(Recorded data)

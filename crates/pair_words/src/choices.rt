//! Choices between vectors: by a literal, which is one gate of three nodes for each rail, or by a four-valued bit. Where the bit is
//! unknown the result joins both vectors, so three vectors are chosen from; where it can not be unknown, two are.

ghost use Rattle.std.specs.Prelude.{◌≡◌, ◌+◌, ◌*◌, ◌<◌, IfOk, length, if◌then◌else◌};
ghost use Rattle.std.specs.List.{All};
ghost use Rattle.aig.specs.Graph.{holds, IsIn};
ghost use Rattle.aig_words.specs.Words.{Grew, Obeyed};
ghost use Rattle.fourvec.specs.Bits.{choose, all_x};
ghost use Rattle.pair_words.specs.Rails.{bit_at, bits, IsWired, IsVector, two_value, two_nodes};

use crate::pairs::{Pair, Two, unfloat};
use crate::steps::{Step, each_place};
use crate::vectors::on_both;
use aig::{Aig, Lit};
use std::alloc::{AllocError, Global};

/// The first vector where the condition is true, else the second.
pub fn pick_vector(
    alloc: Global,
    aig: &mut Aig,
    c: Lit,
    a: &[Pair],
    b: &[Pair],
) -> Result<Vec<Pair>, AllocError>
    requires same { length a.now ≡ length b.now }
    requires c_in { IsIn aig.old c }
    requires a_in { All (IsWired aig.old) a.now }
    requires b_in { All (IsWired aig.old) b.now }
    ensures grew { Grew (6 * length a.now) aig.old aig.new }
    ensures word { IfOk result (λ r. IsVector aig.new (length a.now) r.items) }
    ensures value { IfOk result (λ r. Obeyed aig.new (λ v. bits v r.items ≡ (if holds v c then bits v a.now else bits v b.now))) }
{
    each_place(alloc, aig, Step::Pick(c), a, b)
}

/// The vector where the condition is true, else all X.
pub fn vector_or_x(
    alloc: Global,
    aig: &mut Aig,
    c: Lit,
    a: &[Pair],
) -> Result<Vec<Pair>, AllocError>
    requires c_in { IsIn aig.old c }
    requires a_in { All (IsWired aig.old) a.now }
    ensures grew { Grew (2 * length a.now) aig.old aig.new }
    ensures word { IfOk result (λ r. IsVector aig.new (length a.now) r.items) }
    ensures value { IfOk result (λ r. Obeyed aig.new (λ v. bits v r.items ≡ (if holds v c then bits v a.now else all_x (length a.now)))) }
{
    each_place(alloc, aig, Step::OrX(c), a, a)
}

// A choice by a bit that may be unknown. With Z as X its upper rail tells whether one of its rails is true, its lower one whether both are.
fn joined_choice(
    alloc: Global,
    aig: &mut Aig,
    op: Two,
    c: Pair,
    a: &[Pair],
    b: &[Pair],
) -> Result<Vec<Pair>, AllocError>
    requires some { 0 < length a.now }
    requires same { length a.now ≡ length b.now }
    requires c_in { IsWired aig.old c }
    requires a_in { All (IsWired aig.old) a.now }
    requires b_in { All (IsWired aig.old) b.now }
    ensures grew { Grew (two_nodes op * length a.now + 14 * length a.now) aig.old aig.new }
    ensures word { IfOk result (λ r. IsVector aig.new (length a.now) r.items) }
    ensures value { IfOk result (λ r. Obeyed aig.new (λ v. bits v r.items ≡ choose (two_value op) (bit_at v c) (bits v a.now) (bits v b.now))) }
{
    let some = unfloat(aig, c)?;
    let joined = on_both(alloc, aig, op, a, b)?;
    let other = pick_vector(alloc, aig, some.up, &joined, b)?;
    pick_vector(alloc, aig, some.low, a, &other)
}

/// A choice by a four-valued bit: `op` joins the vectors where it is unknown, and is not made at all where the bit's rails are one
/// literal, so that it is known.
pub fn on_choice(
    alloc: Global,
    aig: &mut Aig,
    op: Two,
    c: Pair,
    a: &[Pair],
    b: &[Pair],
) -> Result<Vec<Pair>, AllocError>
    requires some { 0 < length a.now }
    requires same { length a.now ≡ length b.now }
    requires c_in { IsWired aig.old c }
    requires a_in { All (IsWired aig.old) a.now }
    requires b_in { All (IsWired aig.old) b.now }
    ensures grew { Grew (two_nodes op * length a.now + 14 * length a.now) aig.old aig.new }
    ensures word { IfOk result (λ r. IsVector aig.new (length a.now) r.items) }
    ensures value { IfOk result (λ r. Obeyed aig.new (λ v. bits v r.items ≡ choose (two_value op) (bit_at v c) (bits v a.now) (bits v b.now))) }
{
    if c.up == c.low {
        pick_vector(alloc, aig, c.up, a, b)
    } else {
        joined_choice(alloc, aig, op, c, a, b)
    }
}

Work to complete:
Print the entries above exactly as they were written, down to the last line.

Solution to this problem:
filename crates/pair_words/src/choices.rt
//! Choices between vectors: by a literal, which is one gate of three nodes for each rail, or by a four-valued bit. Where the bit is
//! unknown the result joins both vectors, so three vectors are chosen from; where it can not be unknown, two are.

ghost use Rattle.std.specs.Prelude.{◌≡◌, ◌+◌, ◌*◌, ◌<◌, IfOk, length, if◌then◌else◌};
ghost use Rattle.std.specs.List.{All};
ghost use Rattle.aig.specs.Graph.{holds, IsIn};
ghost use Rattle.aig_words.specs.Words.{Grew, Obeyed};
ghost use Rattle.fourvec.specs.Bits.{choose, all_x};
ghost use Rattle.pair_words.specs.Rails.{bit_at, bits, IsWired, IsVector, two_value, two_nodes};

use crate::pairs::{Pair, Two, unfloat};
use crate::steps::{Step, each_place};
use crate::vectors::on_both;
use aig::{Aig, Lit};
use std::alloc::{AllocError, Global};

/// The first vector where the condition is true, else the second.
pub fn pick_vector(
    alloc: Global,
    aig: &mut Aig,
    c: Lit,
    a: &[Pair],
    b: &[Pair],
) -> Result<Vec<Pair>, AllocError>
    requires same { length a.now ≡ length b.now }
    requires c_in { IsIn aig.old c }
    requires a_in { All (IsWired aig.old) a.now }
    requires b_in { All (IsWired aig.old) b.now }
    ensures grew { Grew (6 * length a.now) aig.old aig.new }
    ensures word { IfOk result (λ r. IsVector aig.new (length a.now) r.items) }
    ensures value { IfOk result (λ r. Obeyed aig.new (λ v. bits v r.items ≡ (if holds v c then bits v a.now else bits v b.now))) }
{
    each_place(alloc, aig, Step::Pick(c), a, b)
}

/// The vector where the condition is true, else all X.
pub fn vector_or_x(
    alloc: Global,
    aig: &mut Aig,
    c: Lit,
    a: &[Pair],
) -> Result<Vec<Pair>, AllocError>
    requires c_in { IsIn aig.old c }
    requires a_in { All (IsWired aig.old) a.now }
    ensures grew { Grew (2 * length a.now) aig.old aig.new }
    ensures word { IfOk result (λ r. IsVector aig.new (length a.now) r.items) }
    ensures value { IfOk result (λ r. Obeyed aig.new (λ v. bits v r.items ≡ (if holds v c then bits v a.now else all_x (length a.now)))) }
{
    each_place(alloc, aig, Step::OrX(c), a, a)
}

// A choice by a bit that may be unknown. With Z as X its upper rail tells whether one of its rails is true, its lower one whether both are.
fn joined_choice(
    alloc: Global,
    aig: &mut Aig,
    op: Two,
    c: Pair,
    a: &[Pair],
    b: &[Pair],
) -> Result<Vec<Pair>, AllocError>
    requires some { 0 < length a.now }
    requires same { length a.now ≡ length b.now }
    requires c_in { IsWired aig.old c }
    requires a_in { All (IsWired aig.old) a.now }
    requires b_in { All (IsWired aig.old) b.now }
    ensures grew { Grew (two_nodes op * length a.now + 14 * length a.now) aig.old aig.new }
    ensures word { IfOk result (λ r. IsVector aig.new (length a.now) r.items) }
    ensures value { IfOk result (λ r. Obeyed aig.new (λ v. bits v r.items ≡ choose (two_value op) (bit_at v c) (bits v a.now) (bits v b.now))) }
{
    let some = unfloat(aig, c)?;
    let joined = on_both(alloc, aig, op, a, b)?;
    let other = pick_vector(alloc, aig, some.up, &joined, b)?;
    pick_vector(alloc, aig, some.low, a, &other)
}

/// A choice by a four-valued bit: `op` joins the vectors where it is unknown, and is not made at all where the bit's rails are one
/// literal, so that it is known.
pub fn on_choice(
    alloc: Global,
    aig: &mut Aig,
    op: Two,
    c: Pair,
    a: &[Pair],
    b: &[Pair],
) -> Result<Vec<Pair>, AllocError>
    requires some { 0 < length a.now }
    requires same { length a.now ≡ length b.now }
    requires c_in { IsWired aig.old c }
    requires a_in { All (IsWired aig.old) a.now }
    requires b_in { All (IsWired aig.old) b.now }
    ensures grew { Grew (two_nodes op * length a.now + 14 * length a.now) aig.old aig.new }
    ensures word { IfOk result (λ r. IsVector aig.new (length a.now) r.items) }
    ensures value { IfOk result (λ r. Obeyed aig.new (λ v. bits v r.items ≡ choose (two_value op) (bit_at v c) (bits v a.now) (bits v b.now))) }
{
    if c.up == c.low {
        pick_vector(alloc, aig, c.up, a, b)
    } else {
        joined_choice(alloc, aig, op, c, a, b)
    }
}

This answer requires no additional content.